Na rua, mãe e filho iniciaram uma caminhada ao ponto de ônibus. Entremeio às passadas, falavam-se pouco. Marcelo, do alto de seus 19 anos, agia tal qual os jovens de sua faixa etária: calados em seu mundo, perfuntórios no trato com os pais. A mãe, enquanto o rapaz caminhava um pouco à frente, observava-o e relembrava situações de sua infância: o primeiro sorriso, o primeiro dentinho, os primeiros passos, o primeiro tombo, a primeira palavra! E agora, ei-lo homem feito, cheio de planos!

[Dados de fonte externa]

//! Copies of the files that searches found.

use crate::found::{LINES, PLAIN, course, wanted};
use crate::repositories::made;
use copies::CopyFault;
use cycle::Outcome;
use file_tests::{Kept, Memory, Piece};
use folder::Folder;
use measured::{Copied, close, measure_into};
use report::{Told, tell};
use std::process::Abort;

/// An outcome, and the copies by position.
#[derive(Drop)]
struct Ended {
    outcome: Outcome,
    copies: Vec<Option<Piece>>,
}

/// Ends the course of the wanted paths `a`, `b`, `a` and `d`, with copies. The file `b` has that
/// text.
fn copied<R: Abort + AllocGlobal>(rt: &R, b: &str, to: &mut Kept) -> Result<Ended, CopyFault> {
    let files = [("a", "a"), ("b", b), ("c", "ccc")];
    let mut targets = Memory::of(rt.alloc(), &files, u64::MAX).expect(rt, "memory");
    closed(rt, &mut targets, to)
}

/// Ends the course with the files of that folder.
fn closed<R: Abort + AllocGlobal, F: Folder>(
    rt: &R,
    targets: &mut F,
    to: &mut Kept,
) -> Result<Ended, CopyFault> {
    let course = course(rt, &made(rt, PLAIN), &wanted(rt));
    let names = targets.names(rt.alloc()).expect(rt, "names");
    let copied = measure_into(rt.alloc(), &course, targets, names, to)?;
    let Copied { known, copies } = copied;
    let outcome = close(rt.alloc(), course, &known).expect(rt, "memory");
    Ok(Ended { outcome, copies })
}

/// Returns the bytes of the copy at that place, if there is one.
fn copy_at(copied: &Ended, place: usize) -> Option<&[u8]> {
    Some(copied.copies.get(place)?.as_ref()?.bytes())
}

#[test]
fn each_found_file_is_copied_once(rt: HostRuntime) {
    let mut to = Kept::working();
    let copied = copied(&rt, "bb", &mut to).expect(&rt, "copies");
    assert!(rt; copied.copies.len() == 4);
    assert!(rt; copy_at(&copied, 0) == Some(b"a".as_slice()));
    assert!(rt; copy_at(&copied, 1) == Some(b"bb".as_slice()));
    assert!(rt; copy_at(&copied, 2).is_none() && copy_at(&copied, 3).is_none());
    assert!(rt; to.made() == 2 && to.left() == 2);
    let Ended { outcome, copies } = copied;
    drop(copies);
    let told = Told::plain(rt.alloc(), outcome);
    let mut lines = Vec::new(rt.alloc());
    tell(rt.alloc(), &told, &wanted(&rt), &mut lines).expect(&rt, "memory");
    assert!(rt; lines.as_slice() == LINES.as_bytes());
}

#[test]
fn a_copy_of_other_bytes_is_removed(rt: HostRuntime) {
    let mut to = Kept::working();
    let copied = copied(&rt, "bc", &mut to).expect(&rt, "copies");
    assert!(rt; copy_at(&copied, 0) == Some(b"a".as_slice()));
    assert!(rt; copy_at(&copied, 1).is_none());
    assert!(rt; to.made() == 2 && to.left() == 1);
}

#[test]
fn a_copy_that_cant_be_written_is_an_output_error(rt: HostRuntime) {
    for (begins, finishes) in [(false, true), (true, false)] {
        let mut to = Kept::with(begins, finishes);
        assert!(rt; matches!(copied(&rt, "bb", &mut to), Err(CopyFault::Output)));
    }
}

#[test]
fn a_copy_that_is_there_stays_if_it_has_the_same_bytes(rt: HostRuntime) {
    let mut to = Kept::holding("bb");
    let copied = copied(&rt, "bb", &mut to).expect(&rt, "copies");
    assert!(rt; copy_at(&copied, 0) == Some(b"a".as_slice()));
    assert!(rt; copy_at(&copied, 1) == Some(b"bb".as_slice()));
    assert!(rt; to.made() == 1 && to.left() == 1);
}

#[test]
fn a_copy_that_is_there_is_replaced_if_it_has_other_bytes(rt: HostRuntime) {
    for there in ["cb", "bc", "b", "bbb", ""] {
        let mut to = Kept::holding(there);
        let copied = copied(&rt, "bb", &mut to).expect(&rt, "copies");
        assert!(rt; copy_at(&copied, 1) == Some(b"bb".as_slice()));
        assert!(rt; to.made() == 2 && to.left() == 2);
    }
}

#[test]
fn a_copy_that_is_there_is_none_of_a_file_that_is_refused(rt: HostRuntime) {
    let mut to = Kept::holding("bc");
    let copied = copied(&rt, "bc", &mut to).expect(&rt, "copies");
    assert!(rt; copy_at(&copied, 1).is_none());
    assert!(rt; to.made() == 1 && to.left() == 1);
}
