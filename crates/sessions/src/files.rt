//! The commands that look at files and change them.

use crate::case::Step;
use crate::output::Output;
use crate::script::script_of;
use anyhow::Result;
use std::alloc::Global;
use std::fs;

/// Writes a file with the text of the lines, without the last line feed.
pub fn put(rt: &HostRuntime, alloc: Global, step: &Step) -> Result<Output> {
    let text = script_of(rt, alloc, step.script.as_slice())?;
    let text = text.as_str().strip_suffix("\n").unwrap_or("");
    fs::write(rt, step.word(0)?, text)?;
    Ok(Output::nothing(alloc))
}

/// Writes a file with the bytes of another.
pub fn copy(rt: &HostRuntime, alloc: Global, step: &Step) -> Result<Output> {
    let bytes = fs::read(rt, step.word(0)?)?;
    fs::write(rt, step.word(1)?, bytes.as_slice())?;
    Ok(Output::nothing(alloc))
}

/// Makes a folder, and those that contain it.
pub fn folder(rt: &HostRuntime, alloc: Global, step: &Step) -> Result<Output> {
    fs::create_dir_all(rt, step.word(0)?)?;
    Ok(Output::nothing(alloc))
}

/// Removes a file, or a folder with all that is in it.
pub fn remove(rt: &HostRuntime, alloc: Global, step: &Step) -> Result<Output> {
    let name = step.word(0)?;
    if fs::symlink_metadata(rt, name)?.is_dir() {
        fs::remove_dir_all(rt, name)?;
    } else {
        fs::remove_file(rt, name)?;
    }
    Ok(Output::nothing(alloc))
}

/// Appends blanks to a file up to this number of bytes, or cuts it off there.
pub fn pad(rt: &HostRuntime, alloc: Global, step: &Step) -> Result<Output> {
    let name = step.word(0)?;
    let length = step.word(1)?.parse::<u32>()?;
    let mut bytes = fs::read(rt, name)?;
    bytes.resize(length as usize, b' ')?;
    fs::write(rt, name, bytes.as_slice())?;
    Ok(Output::nothing(alloc))
}

/// Returns whether there is a file or a folder of that name.
pub fn has(rt: &HostRuntime, alloc: Global, step: &Step) -> Result<Output> {
    Ok(Output::answer(alloc, fs::exists(rt, step.word(0)?)?))
}

/// Returns whether two files have the same bytes.
pub fn same(rt: &HostRuntime, alloc: Global, step: &Step) -> Result<Output> {
    let one = fs::read(rt, step.word(0)?)?;
    let other = fs::read(rt, step.word(1)?)?;
    Ok(Output::answer(alloc, one == other))
}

Marcelo, alheio, vez ou outra se detia para que Dona Maura o alcançasse. Os olhos do moço, especialmente nesta manhã, estavam inexpressivos...talvez tédio, talvez cansaço pela correria diária. Já cedo, Marcelo arrumara um emprego de office-boy indicado por uma amiga de sua mãe e lá fora ele: dezesseis anos, o rosto cheio de espinhas, as mãos nervosas, a boca trêmula ao pronunciar seu nome e a mando de quem estava naquele estabelecimento. Não foram necessários muitos detalhes, a vaga estava destinada a Marcelo, afinal, segundo a dona do escritório de contabilidade, o rapaz fora indicado como alguém muito prestativo e de extrema confiança. Nos dias posteriores, o jovem confirmou as qualidades atribuídas a ele pela amiga de sua mãe. No trabalho era tido como um garoto de futuro brilhante: prestativo, atencioso, esforçado, confiável e inteligente. O emprego era conciliado com os estudos. Marcelo estudava à noite, 1ª série do colegial. Estava atrasado um ano. A mãe se justificava perante os familiares dizendo que Marcelo perdera um ano por causa de sua separação. Afinal, ambos se viram sem chão quando aquele que fora pai e esposo durante anos sumira no mundo deixando-os a mercê da própria sorte e da ajuda de parentes e amigos. Os dias se transformaram em semanas, estas em meses...os meses em anos e Marcelo foi promovido a Auxiliar de Contabilidade. Teve uma melhora significativa em seu salário. Almejava fazer Administração assim que terminasse o colegial e para isso passou, a duras penas, a economizar. A mãe também arrumara emprego como doméstica em um bairro rico da cidade. Os dois começaram a respirar mais aliviados e amenizaram o sufoco da reviravolta pelas quais tinham passado até então.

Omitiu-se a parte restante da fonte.